Missoula Mayor John Engen is taking issue with a report released Friday by the Missoulian newspaper, which was then picked up statewide by the Associated Press, regarding the legal and other costs incurred so far in acquiring the Mountain Water Company. 

The report states that legal fees 'have hit $3.5 million dollars, and will likely head higher'.

Engen told KGVO News on Monday that the total cost as of today were far less.

"As of today we have spent $1.3 million," Engen said as he consulted the current costs on a spreadsheet in his office. "That's not just attorney's fees, that's engineering, expert witnesses, folks telling us this is the right thing to do for a variety or reasons, and that's our investment so far."

Engen said that figure is more than he anticipated when he began the effort to acquire the utility for the city.

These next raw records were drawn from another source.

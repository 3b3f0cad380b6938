// What a run leaves: its status, and what it writes to its output and to its line of faults.
ghost use Rattle.std.specs.Prelude.{◌<◌};

use crate::outcome::Status;
use crate::run::run;
use sp_base::{Gate, MemSink, MemSource, OpenGate};
use std::alloc::{AllocError, Global};
use std::sync::Wait;
use std::test::Fail;
use std::thread::Threads;

// Two bare writes.
const TWO_WRITES: &[u8] = b"T0|w(X)|1\nT1|w(X)|2\n";

// Words of the command line.
fn words(alloc: Global, texts: &[&str]) -> Result<Vec<String>, AllocError> {
    let mut words = Vec::new(alloc);
    for text in texts {
        words.push(String::from_str(alloc, text)?)?;
    }
    Ok(words)
}

// A source of the bytes in pieces, which fails at some calls.
fn source(alloc: Global, bytes: &[u8], piece: u32, fails: &[u32]) -> Result<MemSource, AllocError>
    requires { 0 < piece }
{
    Ok(MemSource::new(bytes.to_vec(alloc)?, piece, fails.to_vec(alloc)?))
}

// A sink that takes so many bytes a write, and fails at some calls.
fn sink(alloc: Global, take: u32, fails: &[u32]) -> Result<MemSink, AllocError>
    requires { 0 < take }
{
    Ok(MemSink::new(alloc, take, fails.to_vec(alloc)?))
}

/// What a run is wanted to leave.
#[derive(Clone, Copy)]
pub(crate) struct Left<'a> {
    pub out: &'a [u8],
    pub err: &'a [u8],
    pub code: u8,
}

// What a run leaves for a text that is refused with this line.
fn refused(err: &[u8]) -> Left<'_> {
    Left {
        out: b"",
        err,
        code: 3,
    }
}

// What a run leaves for a text that passes a limit and is refused with this line.
fn limited(err: &[u8]) -> Left<'_> {
    Left {
        out: b"",
        err,
        code: 4,
    }
}

// Whether a run left this.
fn is_left(status: Status, out: &MemSink, err: &MemSink, left: &Left) -> bool {
    status.code() == left.code && out.text() == left.out && err.text() == left.err
}

/// What a run left.
#[derive(Drop)]
pub(crate) struct Ran {
    pub status: Status,
    pub out: MemSink,
    pub err: MemSink,
}

/// Runs words on a text in pieces, where nothing of the outside fails.
pub(crate) fn ran_by<R: Threads + Wait + Sync, G: Gate + Sync>(
    rt: &R,
    alloc: Global,
    texts: &[&str],
    text: &[u8],
    piece: u32,
    gate: &G,
) -> Result<Ran, AllocError>
    requires { 0 < piece }
{
    let words = words(alloc, texts)?;
    let mut source = source(alloc, text, piece, &[])?;
    let mut out = sink(alloc, 1_000, &[])?;
    let mut err = sink(alloc, 1_000, &[])?;
    let status = run(rt, alloc, &words, &mut source, &mut out, &mut err, gate);
    Ok(Ran { status, out, err })
}

/// Whether words leave this for a text in pieces, where nothing of the outside fails.
pub(crate) fn leaves_by<R: Threads + Wait + Sync>(
    rt: &R,
    alloc: Global,
    texts: &[&str],
    text: &[u8],
    piece: u32,
    left: &Left,
) -> Result<bool, AllocError>
    requires { 0 < piece }
{
    let ran = ran_by(rt, alloc, texts, text, piece, &OpenGate)?;
    Ok(is_left(ran.status, &ran.out, &ran.err, left))
}

/// Whether a mode leaves this for a text in pieces, where nothing of the outside fails.
pub(crate) fn leaves<R: Threads + Wait + Sync>(
    rt: &R,
    alloc: Global,
    mode: &str,
    text: &[u8],
    piece: u32,
    left: &Left,
) -> Result<bool, AllocError>
    requires { 0 < piece }
{
    leaves_by(rt, alloc, &["syncp", mode], text, piece, left)
}

#[test]
fn reports_of_traces(rt: HostRuntime) -> Result<(), Fail> {
    let alloc = rt.alloc();
    for (case, text, out, code) in [
        ("no bytes", "", "races 0 deadlocks 0\n", 0),
        (
            "two bare writes",
            "T0|w(X)|1\nT1|w(X)|2\n",
            "race 1 with 0 at 2 1 keep 0 0\nraces 1 deadlocks 0\n",
            1,
        ),
        (
            "one lock round both",
            "T0|acq(L)|1\nT0|w(X)|2\nT0|rel(L)|3\nT1|acq(L)|4\nT1|w(X)|5\nT1|rel(L)|6\n",
            "races 0 deadlocks 0\n",
            0,
        ),
        (
            "a pair that happens-before orders",
            "T0|w(X)|1\nT0|acq(L)|2\nT0|rel(L)|3\nT1|acq(L)|4\nT1|rel(L)|5\nT1|w(X)|6\n",
            "race 5 with 0 at 6 1 keep 0 2\nraces 1 deadlocks 0\n",
            1,
        ),
        (
            "a read of what a section wrote",
            "T0|w(X)|1\nT0|acq(L)|2\nT0|w(Y)|3\nT0|rel(L)|4\nT1|acq(L)|5\nT1|r(Y)|6\nT1|rel(L)|7\nT1|w(X)|8\n",
            "races 0 deadlocks 0\n",
            0,
        ),
        (
            "a race only by swapped acquires",
            "T0|acq(L)|1\nT0|w(X)|2\nT0|rel(L)|3\nT1|acq(L)|4\nT1|rel(L)|5\nT1|w(X)|6\n",
            "races 0 deadlocks 0\n",
            0,
        ),
        (
            "a lock cycle behind a read",
            "T0|acq(A)|1\nT0|acq(B)|2\nT0|rel(B)|3\nT0|rel(A)|4\nT0|w(Z)|5\nT1|r(Z)|6\nT1|acq(B)|7\nT1|acq(A)|8\nT1|rel(A)|9\nT1|rel(B)|10\n",
            "race 5 with 4 at 6 5 keep 4 0\nraces 1 deadlocks 0\n",
            1,
        ),
        (
            "one lock round a lock cycle",
            "T0|acq(G)|1\nT0|acq(A)|2\nT0|acq(B)|3\nT0|rel(B)|4\nT0|rel(A)|5\nT0|rel(G)|6\nT1|acq(G)|7\nT1|acq(B)|8\nT1|acq(A)|9\nT1|rel(A)|10\nT1|rel(B)|11\nT1|rel(G)|12\n",
            "races 0 deadlocks 0\n",
            0,
        ),
        (
            "an end inside a section",
            "T0|acq(L)|1\nT0|w(X)|2\nT1|w(X)|3\n",
            "race 2 with 1 at 3 2 keep 1 0\nraces 1 deadlocks 0\n",
            1,
        ),
        (
            "a partner that is not the last access",
            "T0|w(X)|1\nT0|acq(L)|2\nT0|w(X)|3\nT0|rel(L)|4\nT1|acq(L)|5\nT1|w(X)|6\nT1|rel(L)|7\n",
            "race 5 with 0 at 6 1 keep 0 1\nraces 1 deadlocks 0\n",
            1,
        ),
        (
            "the earliest of two partners",
            "T0|w(X)|1\nT0|w(X)|2\nT1|w(X)|3\n",
            "race 2 with 0 at 3 1 keep 0 0\nraces 1 deadlocks 0\n",
            1,
        ),
        (
            "a join that waits for the forker",
            "T0|w(X)|1\nT0|fork(T2)|2\nT1|join(T2)|3\nT1|w(X)|4\n",
            "races 0 deadlocks 0\n",
            0,
        ),
        (
            "a write behind a fork and one behind the join",
            "T0|fork(T2)|1\nT0|w(X)|2\nT1|join(T2)|3\nT1|w(X)|4\n",
            "race 3 with 1 at 4 2 keep 1 0 1\nraces 1 deadlocks 0\n",
            1,
        ),
        (
            "skipped lines and odd locations",
            "T9|begin(m)|1\nT0|w(V234.23[0])|12\nT9|end\nT1|r(V234.23[0])|a|b\n",
            "race 1 with 0 at 0 12 keep 0 0\nraces 1 deadlocks 0\n",
            1,
        ),
        (
            "empty lines, carriage returns and no locations",
            "T0|w(X)\r\n\r\n\nT1|w(X)|7 \n\nT0|r(Y)",
            "race 1 with 0 at 0 0 keep 0 0\nraces 1 deadlocks 0\n",
            1,
        ),
    ] {
        let left = Left {
            out: out.as_bytes(),
            err: b"",
            code,
        };
        for piece in [1, 3, 1_000] {
            assert!(rt;
                leaves(&rt, alloc, "predict", text.as_bytes(), piece, &left)?,
                "{case}"
            );
        }
    }
    Ok(())
}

"It's higher than what we thought, but we've also had a number of unanticipated participants in this lawsuit," he said. "The (Mountain Water) employees joined the lawsuit, Liberty (Utilities) joined the lawsuit, and we've had some interesting motions on the part of Carlyle that forced an increased cost in lawyering."

Engen said a motion to postpone the court case past the March 15th trial date was thrown out by Judge Karen Townsend  in December. He put forth some of the arguments the city will make during the upcoming trial.

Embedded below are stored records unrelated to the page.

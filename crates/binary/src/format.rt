//! The two binary formats.
ghost use Rattle.std.specs.Prelude.{◌≡◌, ℕ, refl};
ghost use Rattle.numbers.specs.Format.{Format};
ghost use Rattle.numbers.specs.Binary.{sign_bit, binary64, binary32};
ghost use Rattle.binary.specs.Layout.{Layout, top_code, layout_64, layout_32};

use std::marker::PhantomData;

/// A binary format that fits words of 64 bits.
pub trait Binary {
    ghost format: { Format };

    ghost FRACTION: { ℕ };

    ghost SCALES: { ℕ };

    /// The bits of the fraction field.
    const FRACTION: u32;

    /// The greatest scale.
    const SCALES: u32;

    ghost layout: { Layout format FRACTION };

    ghost greatest: { SCALES ≡ format.scales };

    /// How many fractions there are, which is the least coefficient that needs its scale.
    final fn lead() -> u64
        ensures { result ≡ format.lead }
    {
        1 << Self::FRACTION
    }

    /// The sign bit.
    final fn sign_bit() -> u64
        ensures { result ≡ sign_bit format }
    {
        Self::lead() * (Self::SCALES as u64 + 3)
    }

    /// The pattern of the greatest number: the one below infinity's, whose exponent field is the first that is all ones.
    final fn top() -> u64
        ensures { result ≡ top_code format }
    {
        Self::sign_bit() - Self::lead() - 1
    }
}

/// The kind of a format's numbers.
pub struct Float<F> {
    pub format: PhantomData<F>,
}

// A kind's name stands for its format too.
impl<F: Binary> Binary for Float<F> {
    ghost format = { F.Binary.format };

    ghost FRACTION = { F.Binary.FRACTION };

    ghost SCALES = { F.Binary.SCALES };

    const FRACTION: u32 = F::FRACTION;

    const SCALES: u32 = F::SCALES;

    ghost layout = { F.Binary.layout };

    ghost greatest = { F.Binary.greatest };
}

/// Numbers of 64 bits, in units of 2^-1074 cubic metre.
pub type Binary64 = Float<Double>;

/// Numbers of 32 bits, in units of 2^-149 cubic metre.
pub type Binary32 = Float<Single>;

/// The format of 64 bits.
pub struct Double;

impl Binary for Double {
    ghost format = { binary64 };

    ghost FRACTION = { 52 };

    ghost SCALES = { 2045 };

    const FRACTION: u32 = 52;

    const SCALES: u32 = 2045;

    ghost layout = { layout_64 };

    ghost greatest = { refl };
}

/// The format of 32 bits.
pub struct Single;

impl Binary for Single {
    ghost format = { binary32 };

    ghost FRACTION = { 23 };

    ghost SCALES = { 253 };

    const FRACTION: u32 = 23;

    const SCALES: u32 = 253;

    ghost layout = { layout_32 };

    ghost greatest = { refl };
}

"We will demonstrate that it is more necessary for the city to own this water monopoly than for any other entity," he said. "After the court arguments, we would enter into the valuation stage, in which a three-member panel approved by the court would place a value on the utility."

Engen addressed the fear that city ownership of the water utility might lead to forced annexation.

"It could be used as a tool to force annexation," he said. "But frankly, it doesn't pay to annex a single household by using the water utility, any more than it pays to annex a single household by hooking up to city sewer."

Engen attempted to put to rest the fear that under city ownership, the utility and its rates would no longer be regulated by the Montana Public Service Commission.

"Every other water utility in every other major city in the state is also not regulated by the Public Service Commission," he said. "Almost to a city, those rates are lower than what we're currently paying under Mountain Water. In addition, those systems are likely to be in better condition Regulation by the Public Service Commission does not guarantee lower rates, nor does it guarantee system maintenance."

Mountain Water Company President and General Manager John Kappes said the City of Missoula has neither a strong operational plan, nor a viable financial plan for the water company.

“So far, we haven’t seen that the city has a strong financial plan, and it’s not the necessary direction for this community to go,” he said. “We feel the city has been served very well from the 1800′s until the present by private ownership of the water company.”

The condemnation lawsuit is expected to be heard in Missoula County District Court in mid-March.